Signifiers begin to swirl around the hole instituted by the real, recreating a harmony with that real; reinstituting the world that has been challenged.  The Newtonians set about searching for hidden bodies that would provide the mass to account of Mercury’s irregular orbit.  Perhaps there’s a hidden moon, they thought.  During the Middle Ages many concluded that the Black Death was punishment for the sins of humanity or the end times.  Faced with fire mysteriously and unexpectedly raining down from the skies, the survivors of Sodom and Gomorrah concluded that they were being punished for– in the Jewish interpretation –failing to practice the proper rites and duties of hospitality toward the stranger.  And, in my own case, signifiers began to swirl around this sucking hole, striving to re-establish the world against the earth.  I wrote of Heidegger, Lacan, and Derrida, striving to theorize this uncanny encounter.  I’m doing so again and again.  I wondered if a friend had sent this thing to me as a sort of encrypted message (perhaps they were playing Diogenese the Cynic to Plato, saying that I need to attend more to my body by climbing mountains– it’s a piece of climbing equipment, I think).  Or perhaps they were saying that I need to symbolically or metaphorically climb mountains, like a sort of Zarathustra in reverse (Zarathustra comes down the mountain).  Or maybe someone has stolen my identity.  Or maybe it was a simple mistake.  Signifiers swirled around this hole that had opened in the world; around this little bit of the real.

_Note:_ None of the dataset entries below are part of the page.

// Lists every deposit on standard input: two bytes that say how long it is, then the deposit, and then the next. After the listing of a
// record that was read comes the line `again`, with the bytes that it is written as: if its copy and the record written and read again have
// the size that it measures, and read whole it has that size too or, with a tail, is Trailing there.
#![tactic(auto)]

use copies::walk::{copy, measure};
use faults::Fault;
use listing::deposit::{LISTING_ROOM, RECORD_MOST, list_deposit};
use records::whole::whole_end;
use roundtrip::again::again;
use text::put::put_hex;
use wire::unmarshal::TpmUnmarshal;

// No deposit is longer: a kind byte, and one byte more than is read.
const DEPOSIT_MOST: usize = RECORD_MOST + 2;

fn write_listing(deposit: &[u8]) {
    let mut out = [0u8; LISTING_ROOM];
    if let Ok(n) = list_deposit(deposit, &mut out) {
        io::write_all(1, &out[..n]);
    }
}

fn write_again_line(bytes: &[u8]) {
    let mut digits = [0u8; 2 * RECORD_MOST + 1];
    if bytes.len() > RECORD_MOST {
        return;
    }
    let n = put_hex(bytes, &mut digits, 0);
    if let Some(text) = digits.get(..n) {
        io::write_all(1, b"again ");
        io::write_all(1, text);
        io::write_all(1, b"\n");
    }
}

// Whether a record of that size is read whole where it is all there is, and is Trailing where more stands after it.
fn whole_agrees(kind: u8, bytes: &[u8], size: usize) -> bool {
    match whole_end(kind, bytes, 0) {
        Ok(end) => end == size && end == bytes.len(),
        Err(f) => f.fault == Fault::Trailing && f.place == size && size < bytes.len(),
    }
}

// The line `again`, if there is a record and all the calls agree on its size. It is measured, and each writer is lent just as many bytes;
// those of the line are the ones that were written and read again.
fn write_again(kind: u8, bytes: &[u8]) -> Option<()> {
    let mut copied = [0u8; RECORD_MOST];
    let mut written = [0u8; RECORD_MOST];
    let size = measure(kind, bytes).ok()?;
    let copied = copied.get_mut(..size)?;
    let written = written.get_mut(..size)?;
    if copy(kind, bytes, copied) == Ok(size)
        && again(kind, bytes, written) == Ok(size)
        && whole_agrees(kind, bytes, size)
    {
        write_again_line(written);
    }
    Some(())
}

fn answer(deposit: &[u8]) {
    write_listing(deposit);
    if let [kind, bytes @ ..] = deposit
        && bytes.len() <= RECORD_MOST
    {
        write_again(*kind, bytes);
    }
}

// Answers the next deposit, read into space; None at the end of the input, and where a deposit is cut short or longer than any is.
fn answer_next(space: &mut [u8]) -> Option<()> {
    let mut head = [0u8; 2];
    let taken = io::read_full(0, &mut head);
    let (length, _) = u16::unmarshal(&head[..taken], 0).ok()?;
    let deposit = space.get_mut(..usize::from(length))?;
    if io::read_full(0, deposit) < deposit.len() {
        return None;
    }
    answer(deposit);
    Some(())
}

// A proved loop has to end, and nothing says that an input does: this one has more turns than any run uses up.
fn main() {
    let mut space = [0u8; DEPOSIT_MOST];
    for _ in 0..u64::MAX {
        if answer_next(&mut space).is_none() {
            return;
        }
    }
}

It turns out that the real (pardon the pun) explanation was far less interesting, but, in a certain sense, far more amusing.  A couple days ago I noticed that the package was addressed to “Levi Paul Bryant”.  This meant that it had to come from someone I know on Facebook because I only use this name on Facebook.  I recalled that days ago Geoffrey Bennington– one of our premier Derrideans –had generously offered to send me a copy of his latest book as it is relevant to questions I was raising about rhetoric (which I intend to get back to soon).  I messaged him to see whether he had perhaps sent me this piece of climbing equipment by mistake, and he, like myself, was baffled by the thing and wondered what it was.  However, it turned out that Amazon had gotten his order wrong.

I confess that when we finally figured out what had happened I was left laughing hysterically for a long time.  Cecily thought I had gone insane and smiled at me in amusement.  I had been eagerly awaiting Geoffrey’s book as an opportunity for an encounter and to think.  And indeed, Geoffrey, through a sort of tuchegave me this gift, though not as he intended.  His action caused my signifiers to swirl, leading me to think the uncanny and this relation between the world and the earth.  But, above all, it was our respective theoretical orientations that brought about my relieved mirth.  I could not help but think of Lacan’s aphorism from his “Seminar on the Purloined Letter” where he notoriously says “the letter always arrives at its destination” and Derrida’s question, in Glas, “what if the letter does not arrive?”  I could not stop thinking of all the references to the postage system in Pynchon’s Crying of Lot 49, and how signifiers came to circulate in an almost paranoid fashion around the mysterious sign of the bugle.    I thought of all these dense theoretical references to letters and the postage system and laughed joyously, and could not stop laughing, at how my encounter with Bennington had enmeshed me in the reality of these theorizations.  Geoffrey, through no fault of his own, had turned me into a ranger, swept along by eddies of the signifier in an encounter with the real.  And perhaps, in this regard, both Lacan and Derrida were both right:  the letter arrived at its destination by virtue of the formations it evoked in my unconscious through an encounter with the earth or the real, but only because the letter did not arrive.  True to the title of his book, Bennington scattered my signifiers.